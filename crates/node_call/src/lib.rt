//! The parts of what lies under a node's lock: a step is attempted, all that is handed out is made
//! ready, what the event stores goes into the file, and what it changes is shown to readers. Once
//! these succeeded, keeping the entry can't fail; if one fails, the attempt is taken back.
//!
//! Read `ready`, `storing`, `showing`; then `write`, `making`, `batch` and `storing_all`, which
//! make many writes at once; then `seat`, `acknowledgement`, `laws` and `fault`.
#![tactic(auto)]

mod acknowledgement;
mod batch;
mod fault;
pub mod laws;
mod making;
mod ready;
mod seat;
mod showing;
mod storing;
mod storing_all;
mod write;

pub use acknowledgement::Acknowledgement;
pub use batch::{Batch, BatchRefusal, make_all};
pub use fault::LockFault;
pub use ready::{Ready, prepare};
pub use seat::{WriteSeat, merge_all};
pub use showing::publish_change;
pub use storing::store_in;
pub use storing_all::store_all;
pub use write::Write;
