//! The store of one node: a map from key to object.
//!
//! ```
//! let mut store = Store::new(alloc);
//! store.put(actor, key.copy()?, red, None)?; // a blind write
//! let (values, context) = store.look(&key, Source { actor, step: 1 })?; // shows red
//! store.put(actor, key, green, Some(&context))?; // replaces what was read
//! ```
//!
//! Read `store` with `rows`, `put`, `merge`, `context` with `source`, then `laws` and `fault`;
//! `size` says what may be held, `parts` is private.
#![tactic(auto)]

pub mod context;
pub mod fault;
pub mod laws;
pub mod merge;
mod parts;
pub mod put;
pub mod rows;
pub mod size;
pub mod source;
pub mod store;

pub use context::Context;
pub use fault::StoreFault;
pub use merge::Merged;
pub use rows::Rows;
pub use source::Source;
pub use store::Store;
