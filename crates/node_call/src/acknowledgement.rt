ghost use Rattle.std.specs.Prelude.{◌≡◌};
ghost use Rattle.meta_types.specs.Actor.{writer_number};
ghost use Rattle.node_call.specs.Journaled.{TellsOfEntry};

use node_journal::{Entry, Receipt};
use node_readers::{Naming, Revision};
use std::marker::Model;

/// What an accepted call returns: its receipt, and the revision of the published table that has
/// what the call changed, for readers to learn.
#[derive(Drop)]
pub struct Acknowledgement<J: Naming> {
    receipt: Receipt,
    revision: Revision<J>,
}

impl<J: Naming> Model for Acknowledgement<J> {
    ghost use Rattle.meta_types.specs.Actor.{writer_number};
    ghost use Rattle.node_call.specs.Acknowledged.{Acknowledged};
    ghost use Rattle.node_call.specs.Journaled.{TellsOfEntry};

    ghost Value = { Acknowledged };

    ghost view = { λ a. record { receipt = a.receipt; list = a.revision } };

    ghost invariant = { λ a.
        TellsOfEntry (writer_number J.node J.incarnation) a.receipt.entry a.revision };
}

impl<J: Naming> Acknowledgement<J> {
    /// Makes an acknowledgement of a receipt, and of the revision that has what its call changed.
    /// If its entry is a write, the list of the revision ends with what it wrote.
    pub fn of(receipt: Receipt, revision: Revision<J>) -> Self
        requires { TellsOfEntry (writer_number J.node J.incarnation) receipt.entry revision }
        ensures { result ≡ record { receipt = receipt; list = revision } }
    {
        Acknowledgement { receipt, revision }
    }

    /// Returns the receipt. If its entry is a write, the published list ends with what it wrote.
    pub fn receipt(&self) -> &Receipt
        ensures value { result.now ≡ self.now.receipt }
        ensures tells { TellsOfEntry (writer_number J.node J.incarnation)
            self.now.receipt.entry self.now.list }
    {
        &self.receipt
    }

    /// Returns the entry of the receipt: the event, the reply, and the frames to send.
    pub fn entry(&self) -> &Entry
        ensures { result.now ≡ self.now.receipt.entry }
    {
        &self.receipt.entry
    }

    /// Returns what a reader learns, to be shown what the call changed, or what came later.
    pub fn revision(&self) -> &Revision<J>
        ensures { result.now ≡ self.now.list }
    {
        &self.revision
    }

    /// Returns the receipt by value, which may outlive the node. It takes no memory.
    pub fn into_receipt(self) -> Receipt
        ensures { result ≡ self.receipt }
    {
        self.receipt
    }
}
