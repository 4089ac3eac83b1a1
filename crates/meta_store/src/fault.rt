ghost use Rattle.std.specs.Prelude.{◌≡◌};
ghost use Rattle.meta_store.specs.Fault.{code_of, fault_name};
ghost use Rattle.meta_store.specs.declared.fault.StoreFault.TheVariants.{Memory};

use dvvset::ClockFault;
use std::alloc::{AllocError, AllocFailed};
use thiserror::Error;

/// Why a store refused a call. It prints as the name of the variant.
#[derive(Debug, Drop, Error, PartialEq, Eq)]
#[error("{}", self.name())]
pub enum StoreFault {
    /// 20: the writer's counter, in what is held or in what was read, is
    /// 18,446,744,073,709,551,615, so it can have no further event.
    CounterSpent,
    /// 21: the merge would show no value.
    BadEntries,
    /// 25: the key is new, and the store holds 8,192.
    StoreFull,
    /// 26: the context is of another key.
    WrongKey,
    /// 27: what would be held has more than 65,535 entries, or shows more than 65,535 values of one
    /// writer; or as an object's field of a frame it has more than 1,048,576 bytes after a write,
    /// or 16,000,000 after a merge.
    ObjectTooLarge,
    /// 99: an allocation was refused. It may stand in place of any other refusal.
    Memory,
}

impl StoreFault {
    /// Returns the number of the refusal, as programs print it.
    pub fn code(&self) -> u16
        ensures { result ≡ code_of self.now }
    {
        match self {
            StoreFault::CounterSpent => ClockFault::CounterSpent.code(),
            StoreFault::BadEntries => ClockFault::BadEntries.code(),
            StoreFault::StoreFull => 25,
            StoreFault::WrongKey => 26,
            StoreFault::ObjectTooLarge => 27,
            StoreFault::Memory => ClockFault::Memory.code(),
        }
    }

    /// Returns the name of the refusal, as programs print it.
    pub fn name(&self) -> &'static str
        ensures { result.now ≡ fault_name self.now }
    {
        match self {
            StoreFault::CounterSpent => "CounterSpent",
            StoreFault::BadEntries => "BadEntries",
            StoreFault::StoreFull => "StoreFull",
            StoreFault::WrongKey => "WrongKey",
            StoreFault::ObjectTooLarge => "ObjectTooLarge",
            StoreFault::Memory => "Memory",
        }
    }
}

impl From<AllocError> for StoreFault {
    ghost from_gives = { λ _ fault. fault ≡ Memory };

    fn from(_error: AllocError) -> StoreFault {
        StoreFault::Memory
    }
}

impl<T: Drop> From<AllocFailed<T>> for StoreFault {
    ghost from_gives = { λ _ fault. fault ≡ Memory };

    fn from(_error: AllocFailed<T>) -> StoreFault {
        StoreFault::Memory
    }
}

/// The refusal of a clock, under the same name.
impl From<ClockFault> for StoreFault {
    ghost use Rattle.meta_store.specs.Fault.{of_clock};

    ghost from_gives = { λ clock fault. fault ≡ of_clock clock };

    fn from(fault: ClockFault) -> StoreFault {
        match fault {
            ClockFault::CounterSpent => StoreFault::CounterSpent,
            ClockFault::BadEntries => StoreFault::BadEntries,
            ClockFault::Memory => StoreFault::Memory,
        }
    }
}
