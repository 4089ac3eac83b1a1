use meta_types::Actor;

/// Who read: a node in one of its lives, and the number of the step in which it read. A node
/// numbers the steps of a life from 1.
#[derive(Clone, Copy, Debug, PartialEq, Eq)]
pub struct Source {
    pub actor: Actor,
    pub step: u64,
}
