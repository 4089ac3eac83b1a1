//! What stands in pictures, by what happens in the scenarios.

use crate::drawn::{Drawn, count, draw, draw_part};
use plumctl_draw::Excerpt;
use std::alloc::{AllocError, Global};

/// A scenario, and how much of each there is in its picture.
struct Story {
    text: &'static [u8],
    /// Frames, each drawn once: those that were delivered, and those that never were.
    frames: usize,
    /// Arrows of frames that were stale or refused.
    dashed: usize,
    /// Times at which what a node shows changed, and restarts.
    boxes: usize,
    /// Joins, leaves and lost neighbours.
    diamonds: usize,
    /// Lanes that break at a restart.
    breaks: usize,
}

static STORIES: [Story; 4] = [
    // Two links of a triangle carry each write; over the third both ends send it, and both sends
    // are stale. The second write is lost to node 2, which asks for it; what node 2 sends on then
    // is never delivered.
    Story {
        text: b"nodes 3\njoin 1 0\njoin 2 0\nsettle\nput 0 a/b/k red\nsettle\nput 0 a/b/l round\n\
deliver 12\ntick 1\ndeliver 14\ntick 2\ntick 2\ndeliver 15\ndeliver 16\n",
        frames: 17,
        dashed: 2,
        boxes: 6,
        diamonds: 2,
        breaks: 0,
    },
    Story {
        text: b"nodes 1\nput 0 a/b/k x\nrestart 0 0\nput 0 a/b/k y\n",
        frames: 0,
        dashed: 0,
        boxes: 3,
        diamonds: 0,
        breaks: 1,
    },
    // a frame that is delivered twice has two arrows
    Story {
        text: b"nodes 2\njoin 1 0\ndeliver 1\ndeliver 1\nleave 1\ndown 0 1\n",
        frames: 3,
        dashed: 0,
        boxes: 0,
        diamonds: 3,
        breaks: 0,
    },
    // no such frame
    Story {
        text: b"nodes 2\ndeliver 1\nshow 0 a/b/k\n",
        frames: 0,
        dashed: 0,
        boxes: 0,
        diamonds: 0,
        breaks: 0,
    },
];

/// Returns whether the picture of a story has what it should.
fn is_drawn(alloc: Global, story: &Story) -> bool {
    let drawn = draw(alloc, story.text, 0);
    let picture = drawn.written.as_slice();
    let is = drawn.status == 0
        && count(picture, b"<title>frame ") == story.frames
        && count(picture, b"arrow dashed") == story.dashed
        && count(picture, b"class=\"box\"") == story.boxes
        && count(picture, b"l5 5l-5 5l-5-5Z") == story.diamonds
        && count(picture, b"class=\"end\"") == story.breaks;
    drop(drawn);
    is
}

/// Returns whether markup in a value stays text: the picture ends once.
fn ends_once(alloc: Global) -> bool {
    let drawn = draw(alloc, b"nodes 1\nput 0 a/b/k hex:3c2f7376673e\n", 0);
    let picture = drawn.written.as_slice();
    let once = count(picture, b"</svg>") == 1 && count(picture, b"hex:3c2f7376673e") == 2;
    drop(drawn);
    once
}

/// Two writes of three nodes: the first goes over each link of a triangle, and over that of nodes 1
/// and 2 both ways. The JOINs and the frames of each write end at a band.
const TWO_SETTLES: &[u8] = b"nodes 3\njoin 1 0\njoin 2 0\nsettle\nput 0 a/b/k red\nsettle\n";

/// Draws a text with each `settle` as a band.
fn fold(alloc: Global, text: &[u8]) -> Drawn {
    let part = Excerpt {
        fold: true,
        ..Excerpt::all()
    };
    draw_part(alloc, text, part)
}

/// Returns whether each `settle` is one band, with a line for each frame that was sent before, and
/// a box for the two nodes that show the write alike.
fn is_folded(alloc: Global) -> bool {
    let drawn = fold(alloc, TWO_SETTLES);
    let picture = drawn.written.as_slice();
    let is = drawn.status == 0
        && count(picture, b"class=\"band\"") == 2
        && count(picture, b">delivered 6: GOSSIP 4, PRUNE 2<") == 1
        && count(picture, b"<title>frame ") == 4
        && count(picture, b"class=\"arrow") == 5
        && count(picture, b"class=\"box\"") == 2;
    drop(drawn);
    is
}

/// Returns whether a literal colour stands before each colour that is a variable.
fn has_literals(alloc: Global) -> bool {
    let drawn = draw(alloc, b"nodes 1\n", 0);
    let picture = drawn.written.as_slice();
    let literals = count(picture, b"fill:#").saturating_add(count(picture, b"stroke:#"));
    let is = literals > 0 && literals == count(picture, b":var(--");
    drop(drawn);
    is
}

/// Returns how many times the name of node 0 stands in a picture of so many rows of one line.
fn names(alloc: Global, rows: usize) -> Result<usize, AllocError> {
    let mut text = b"nodes 2\n".to_vec(alloc)?;
    for _row in 1..rows {
        text.extend_from_slice(b"images 1\n")?;
    }
    let drawn = draw(alloc, text.as_slice(), 0);
    let found = count(drawn.written.as_slice(), b">node 0<");
    drop(drawn);
    drop(text);
    Ok(found)
}

/// Returns how many stories aren't drawn as they should be.
fn wrong(alloc: Global) -> usize {
    let mut wrong = 0usize;
    for story in STORIES.iter() {
        if !is_drawn(alloc, story) {
            wrong = wrong.saturating_add(1);
        }
    }
    wrong
}

#[test]
fn a_picture_has_what_happened(rt: HostRuntime) {
    assert_eq!(rt; wrong(rt.alloc()), 0);
}

#[test]
fn a_folded_settle_is_a_band(rt: HostRuntime) {
    assert!(rt; is_folded(rt.alloc()));
}

#[test]
fn each_colour_has_a_literal(rt: HostRuntime) {
    assert!(rt; has_literals(rt.alloc()));
}

#[test]
fn the_names_of_lanes_stand_again(rt: HostRuntime) {
    assert!(rt; names(rt.alloc(), 10) == Ok(1));
    // 100 rows of 27 pixels
    assert!(rt; names(rt.alloc(), 100) == Ok(5));
}

#[test]
fn a_value_ends_no_picture(rt: HostRuntime) {
    assert!(rt; ends_once(rt.alloc()));
}
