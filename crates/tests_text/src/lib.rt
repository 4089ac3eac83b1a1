//! The tests of `printing`, `streams`, `plumctl_core`, `scenario` and `plumctl_draw`,
//! over their public calls, apart from them, since a crate is proved once more with its tests. They
//! show what no contract says and what one run of a program over standard input and output can't:
//! readers and writers that fail in mid-stream, when a line is answered, the limit of an input,
//! memory that is refused, and what stands in a picture. The stored run of the program `plumctl`
//! shows how each line is printed, and the rows of `rows` show what a scenario prints. No crate
//! uses this one.
#![tactic(auto)]

#[cfg(test)]
mod commands;
#[cfg(test)]
mod devices;
#[cfg(test)]
mod drawn;
#[cfg(test)]
mod frame_memory;
#[cfg(test)]
mod frame_runs;
#[cfg(test)]
mod picture_refusals;
#[cfg(test)]
mod pictures;
#[cfg(test)]
mod printed;
#[cfg(test)]
mod scenario_faults;
#[cfg(test)]
mod scenario_memory;
#[cfg(test)]
mod scenario_runs;
#[cfg(test)]
mod texts;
┄┄┄┄┄┄┄┄┄┄┄┄┄┄┄┄┄┄┄┄
**WHAT THE EXERCISE ASKS:**
Each line above that includes "impl" counts once; state the total and nothing more.

**TASK RESPONSE:**
6